According to Larkin, although most farmers have purchased their fertilizer for 2025, they would be in for a rough 2026 should the 25 percent tariffs on Canadian exports by the U.S. still stand.

Larkin noted how Canadian farmers are already facing “sky-high input costs and increased government regulations and taxation.”

He said the potential “tariff on fertilizer is a massive concern.”

Trump has routinely cited Canada’s lack of action on drug trafficking and border security as the main reasons for his punishing tariffs.

About three weeks ago, Trump announced he was giving Mexico and Canada a 30-day reprieve on 25 percent export tariffs for goods covered by the United States-Mexico-Canada Agreement (USMCA) on free trade.

However, Ontario Premier Doug Ford, despite the reprieve from Trump, later threatened to impose a 25 percent electricity surcharge on three American states.

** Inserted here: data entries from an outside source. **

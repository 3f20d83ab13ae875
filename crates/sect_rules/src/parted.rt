// The reservations of an offering as options, one at a time, with nothing sorted.

ghost use Rattle.std.specs.Prelude.{◌≡◌, ◌&&◌, ◌==◌, nat_lt, map, filter, find, count_by, slice_get, true, Some, IfSome, Contains, option_copied, IsTrue};
ghost use Rattle.std.specs.Option.{option_map};
ghost use Rattle.sect_people.specs.Order.{all_differ, sorted_by};
ghost use Rattle.sect_model.specs.declared.pick.Pick.TheVariants.{Reservation as by_reservation};
ghost use Rattle.sect_model.specs.Path.{reservation_options};
ghost use Rattle.sect_moment.specs.Found.{id_of as its_id};
ghost use Rattle.sect_rules.specs.Part.{is_of_part as of_part, are_plain};

use crate::nth::rises_from;
use sect_base::ReservationId;
use sect_reserve::Reservation;
use std::marker::Model;

/// Reservations of different ids, to be taken as options: the obligatory ones first and each part by id, and behind them
/// none. Contracts see them as they stand.
#[derive(Drop)]
pub struct Parted<'a> {
    rows: &'a [Reservation],
    // How many are obligatory.
    musts: usize,
    // Whether none is, and they stand in rising order, as they usually do. It is found out once.
    plain: bool,
}

impl<'a> Model for Parted<'a> {
    ghost use Rattle.std.specs.Prelude.{◌≡◌, List, map, count_by, true, IsTrue};
    ghost use Rattle.sect_people.specs.Order.{all_differ};
    ghost use Rattle.sect_reserve.specs.declared.row.Reservation.{Reservation};
    ghost use Rattle.sect_moment.specs.Found.{id_of as its_id};
    ghost use Rattle.sect_rules.specs.Part.{is_of_part, are_plain};

    ghost Value = { List Reservation };

    ghost view = { λ p. p.rows.now };

    ghost invariant = { λ p. IsTrue (all_differ (map (λ r. r.id.0) p.rows.now)) × (p.musts ≡ count_by (is_of_part true) p.rows.now)
        × (p.plain ≡ are_plain p.rows.now) };
}

impl<'a> Parted<'a> {
    /// The reservations, whose ids differ.
    pub fn new(rows: &'a [Reservation]) -> Parted<'a>
        requires { IsTrue (all_differ (map (λ r. r.id.0) rows.now)) }
        ensures { result ≡ rows.now }
    {
        let musts = part_len(rows, true);
        let plain = rises_from(0, rows) && musts == 0;
        Parted { rows, musts, plain }
    }

    /// The reservation at a place, or none.
    #[inline(always)]
    pub fn get(&self, i: usize) -> Option<Option<&'a Reservation>>
        ensures value { option_map (λ row. by_reservation (its_id row)) result ≡ slice_get (reservation_options self.now) i }
        ensures among { IfSome result (λ row. IfSome row (λ r. Contains self.now r.now)) }
    {
        if self.plain {
            plain_option(self.rows, i)
        } else {
            mixed_option(self.rows, self.musts, i)
        }
    }
}

/// The id of a reservation, None where there is to be none.
#[inline(always)]
pub fn id_of(row: Option<&Reservation>) -> Option<ReservationId>
    ensures { result ≡ its_id row.entry }
{
    let row = row?;
    Some(row.id)
}

/// The reservation at a place, where the reservations are options as they stand, or none.
#[inline(always)]
fn plain_option(rows: &[Reservation], i: usize) -> Option<Option<&Reservation>>
    requires { IsTrue (are_plain rows.now) }
    ensures value { option_map (λ row. by_reservation (its_id row)) result ≡ slice_get (reservation_options rows.now) i }
    ensures among { IfSome result (λ row. IfSome row (λ r. Contains rows.now r.now)) }
{
    if i < rows.len() {
        row_option(rows, i)
    } else if i == rows.len() {
        Some(None)
    } else {
        None
    }
}

/// The reservation at a place, where so many are obligatory, or none.
fn mixed_option(rows: &[Reservation], musts: usize, i: usize) -> Option<Option<&Reservation>>
    requires differ { IsTrue (all_differ (map (λ r. r.id.0) rows.now)) }
    requires musts { musts ≡ count_by (of_part true) rows.now }
    ensures value { option_map (λ row. by_reservation (its_id row)) result ≡ slice_get (reservation_options rows.now) i }
    ensures among { IfSome result (λ row. IfSome row (λ r. Contains rows.now r.now)) }
{
    if i < musts {
        part_option(rows, true, i)
    } else if i < rows.len() {
        part_option(rows, false, i - musts)
    } else if i == rows.len() {
        Some(None)
    } else {
        None
    }
}

/// The reservation at a place, as an option.
#[inline(always)]
fn row_option(rows: &[Reservation], i: usize) -> Option<Option<&Reservation>>
    ensures value { option_map (λ row. by_reservation (its_id row)) result ≡ slice_get (map (λ r. by_reservation (Some r.id)) rows.now) i }
    ensures among { IfSome result (λ row. IfSome row (λ r. Contains rows.now r.now)) }
{
    let row = rows.get(i)?;
    Some(Some(row))
}

/// The reservation at a place among the obligatory ones, or among the others, as an option.
fn part_option(rows: &[Reservation], must: bool, i: usize) -> Option<Option<&Reservation>>
    requires { IsTrue (all_differ (map (λ r. r.id.0) rows.now)) }
    ensures value { option_map (λ row. by_reservation (its_id row)) result ≡ slice_get (map (λ r. by_reservation (Some r.id)) (sorted_by (λ r. r.id.0) (filter (of_part must) rows.now))) i }
    ensures among { IfSome result (λ row. IfSome row (λ r. Contains rows.now r.now)) }
{
    let row = nth_reservation(rows, must, i)?;
    Some(Some(row))
}

/// The reservation that `i` others precede by id, among the obligatory ones or among the others.
fn nth_reservation(rows: &[Reservation], must: bool, i: usize) -> Option<&Reservation>
    requires { IsTrue (all_differ (map (λ r. r.id.0) rows.now)) }
    ensures value { option_copied result ≡ slice_get (sorted_by (λ r. r.id.0) (filter (of_part must) rows.now)) i }
    ensures among { IfSome result (λ row. Contains rows.now row.now) }
{
    scan_part(rows, must, i)
}

/// The first of the obligatory ones, or of the others, that `i` of them precede by id.
fn scan_part(rows: &[Reservation], must: bool, i: usize) -> Option<&Reservation>
    ensures { option_copied result ≡ find (λ row. of_part must row && count_by (λ r. of_part must r && nat_lt r.id.0 row.id.0) rows.now == i) rows.now }
{
    rows.iter().find(|row| is_of_part(row, must) && reservations_below(rows, must, row.id.0) == i)
}

/// How many of the obligatory ones, or of the others, have a smaller id.
fn reservations_below(rows: &[Reservation], must: bool, number: u32) -> usize
    ensures { result ≡ count_by (λ r. of_part must r && nat_lt r.id.0 number) rows.now }
{
    rows.iter()
        .filter(|row| is_of_part(row, must) && row.id.0 < number)
        .count()
}

/// How many are obligatory, or how many are not.
fn part_len(rows: &[Reservation], must: bool) -> usize
    ensures { result ≡ count_by (of_part must) rows.now }
{
    rows.iter().filter(|row| is_of_part(row, must)).count()
}

/// Whether the reservation is obligatory, or whether it is not.
fn is_of_part(row: &Reservation, must: bool) -> bool
    ensures { result ≡ of_part must row.now }
{
    if must { row.must } else { !row.must }
}
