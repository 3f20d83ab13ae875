// The laws of changes and of taking them back. The functions do nothing: the contract of each is a law.

ghost use Rattle.std.specs.Prelude.{◌≡◌, List, ◌++◌, ◌∷◌, [], length, take, drop, ◌≤◌};
ghost use Rattle.sect_model.specs.World.{World};
ghost use Rattle.sect_model.specs.Kept.{KeptWorld};
ghost use Rattle.sect_model.specs.Fits.{Fits, changed};
ghost use Rattle.sect_model.specs.declared.change.Change.{Change};
ghost use Rattle.sect_space.specs.declared.back.Back.{Back};
ghost use Rattle.sect_space.specs.Back.{back_of, taken_back, concerned, mark_of};
ghost use Rattle.sect_space.specs.Roomed.{Roomed};
ghost use Rattle.sect_space.specs.Undo.{undone, Undoable, Since};

/// A change that fits, taken back, leaves the world as it was.
pub fn a_change_is_taken_back()
    ensures { (w : World) (change : Change) → KeptWorld w → Fits w change → taken_back (changed w change) (back_of w change) ≡ w }
{}

/// What is kept of a change tells the student, the offering or the days that it concerns.
pub fn a_change_is_marked()
    ensures { (w : World) (change : Change) → Fits w change → mark_of (back_of w change) ≡ concerned w change }
{}

/// With nothing recorded, a world may be undone: to itself.
pub fn nothing_is_undoable()
    ensures { (r : Roomed) → KeptWorld r.world → Undoable r [] }
{}

/// Whoever made changes that fit, one after the other, knows what undoing them leaves: the world from which they led, and
/// what was recorded before.
pub fn changes_are_undone()
    ensures none { (w : World) (backs : List Back) → Since w backs w backs }
    ensures more { (w v : World) (backs now : List Back) (change : Change) → Since w backs v now → Fits v change
        → Since w backs (changed v change) (now ++ back_of v change ∷ []) }
    ensures joined { (u v w : World) (backs cs ds : List Back) → Since u backs v cs → Since v cs w ds → Since u backs w ds }
    ensures longer { (w v : World) (backs now : List Back) → Since w backs v now → length backs ≤ length now }
    ensures world { (w v : World) (backs now : List Back) → KeptWorld w → Since w backs v now → undone v (drop (length backs) now) ≡ w }
    ensures recorded { (w v : World) (backs now : List Back) → KeptWorld w → Since w backs v now → take (length backs) now ≡ backs }
{}
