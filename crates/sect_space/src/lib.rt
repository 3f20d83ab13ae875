//! The world of the desk: its lists, what is counted in them, and the changes of it with their undoing.
#![tactic(auto)]

mod apply;
mod back;
mod change;
mod count;
mod counting;
mod enrolment;
mod holds;
pub mod laws;
mod mark;
mod numbered;
mod offering;
mod parts;
mod reservation;
mod restriction;
mod space;
mod student;
mod undo;
mod world;

pub use back::{Back, Mark};
pub use holds::has_course;
pub use sect_model::{Change, Enrolment};
pub use space::{names, offering_places};
pub use undo::Undo;
pub use world::World;
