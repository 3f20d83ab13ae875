// A course that was decided on: its reservation, or that there is to be none, is decided next.

ghost use Rattle.std.specs.Prelude.{◌≡◌, map, slice_get, Some, IfSome, IsTrue, option_copied};
ghost use Rattle.std.specs.List.{All};
ghost use Rattle.std.specs.Option.{option_map};
ghost use Rattle.sect_people.specs.Order.{all_differ};
ghost use Rattle.sect_model.specs.declared.pick.Pick.TheVariants.{Reservation as picks_reservation};
ghost use Rattle.sect_model.specs.Path.{options_at};
ghost use Rattle.sect_model.specs.Rules.{leaf_of};
ghost use Rattle.sect_moment.specs.Ground.{IsGroundOf};
ghost use Rattle.sect_moment.specs.Found.{IsChosen, IsConfig, id_of};
ghost use Rattle.sect_rules.specs.Wanted.{course_path, configs_on, met};

use crate::parted::Parted;
use crate::rows::{configs, reservations};
use crate::wanted::Wanted;
use sect_base::{CourseId, Rule};
use sect_catalog::ConfigRow;
use sect_moment::{Ground, ground_of};
use sect_reserve::Reservation;
use std::marker::Model;

/// A course decided on for a want, of which contracts see both, with its offering and the reservations of that.
#[derive(Drop)]
pub struct OnCourse<'a> {
    wanted: &'a Wanted<'a>,
    course: CourseId,
    ground: Option<Ground<'a>>,
    rows: Parted<'a>,
}

impl<'a> Model for OnCourse<'a> {
    ghost use Rattle.std.specs.Prelude.{◌≡◌, Some};
    ghost use Rattle.std.specs.List.{All};
    ghost use Rattle.sect_moment.specs.Found.{IsReservation};
    ghost use Rattle.sect_moment.specs.Ground.{IsGroundOf};
    ghost use Rattle.sect_rules.specs.Wanted.{OnCourse as Value_of, reservations_on};

    ghost Value = { Value_of };

    ghost view = { λ s. record { wanted = s.wanted.now; course = s.course } };

    ghost invariant = { λ s. IsGroundOf s.wanted.now.world (Some s.course) s.ground × (s.rows ≡ reservations_on s.wanted.now.world s.course)
        × All (IsReservation s.wanted.now.world) s.rows };
}

impl<'a> OnCourse<'a> {
    /// What is behind the choice of the course.
    #[inline(always)]
    pub fn new(wanted: &'a Wanted<'a>, course: CourseId) -> OnCourse<'a>
        ensures { result ≡ record { wanted = wanted.now; course = course } }
    {
        let world = wanted.world();
        let ground = ground_of(world, Some(course));
        let rows = Parted::new(reservations(world, course, ground));
        OnCourse {
            wanted,
            course,
            ground,
            rows,
        }
    }

    /// The want.
    #[inline(always)]
    pub fn wanted(&self) -> &'a Wanted<'a>
        ensures { result.now ≡ self.now.wanted }
    {
        self.wanted
    }

    /// The course.
    #[inline(always)]
    pub fn course(&self) -> CourseId
        ensures { result ≡ self.now.course }
    {
        self.course
    }

    /// The offering of the course, with what stands beside it, as the student meets it.
    #[inline(always)]
    pub(crate) fn ground(&self) -> Option<&Ground<'a>>
        ensures { IsGroundOf (met self.now.wanted) (Some self.now.course) (option_copied result) }
    {
        self.ground.as_ref()
    }

    /// The configurations of the course's offering, no two of one id.
    pub(crate) fn configs(&self) -> &'a [ConfigRow]
        ensures value { result.now ≡ configs_on self.now.wanted.world self.now.course }
        ensures differ { IsTrue (all_differ (map (λ g. g.id.0) result.now)) }
        ensures found { All (IsConfig self.now.wanted.world (Some self.now.course)) result.now }
    {
        configs(self.wanted.world(), self.course, self.ground)
    }

    /// The reservation at a place: obligatory ones first and each part by id, and behind them none. None exactly past the last.
    #[inline(always)]
    pub fn reservation(&self, i: usize) -> Option<Option<&'a Reservation>>
        ensures value { option_map (λ row. picks_reservation (id_of row)) result ≡ slice_get (options_at self.now.wanted.world self.now.wanted.mv (course_path self.now)) i }
        ensures row { IfSome result (IsChosen self.now.wanted.world) }
    {
        self.wanted.recall_want();
        self.rows.get(i)
    }

    /// The first rule that the choice of the reservation of this row, or of none, breaks, with its number. It takes no memory.
    pub fn broken(&self, row: Option<&Reservation>) -> Option<(Rule, u32)>
        requires { IsChosen self.now.wanted.world row }
        ensures { result ≡ leaf_of self.now.wanted.world self.now.wanted.mv (course_path self.now) (picks_reservation (id_of row.entry)) }
    {
        self.wanted.recall_want();
        let moment = self.wanted.moment();
        match self.ground() {
            Some(ground) => moment.reservation_rule(ground, self.course, row),
            None => None,
        }
    }
}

Ford, however, quickly stopped his planned electricity surcharge after Trump threatened a sharp increase on Canadian steel and aluminum in response to his threats.

As it stands, Canada has in place a 25 percent counter tariff on some $30 billion of U.S. goods.

It is not yet clear how new Prime Minister Mark Carney will respond to Trump’s tariffs. However, he may announce something after he calls the next election, which he is expected to do March 23.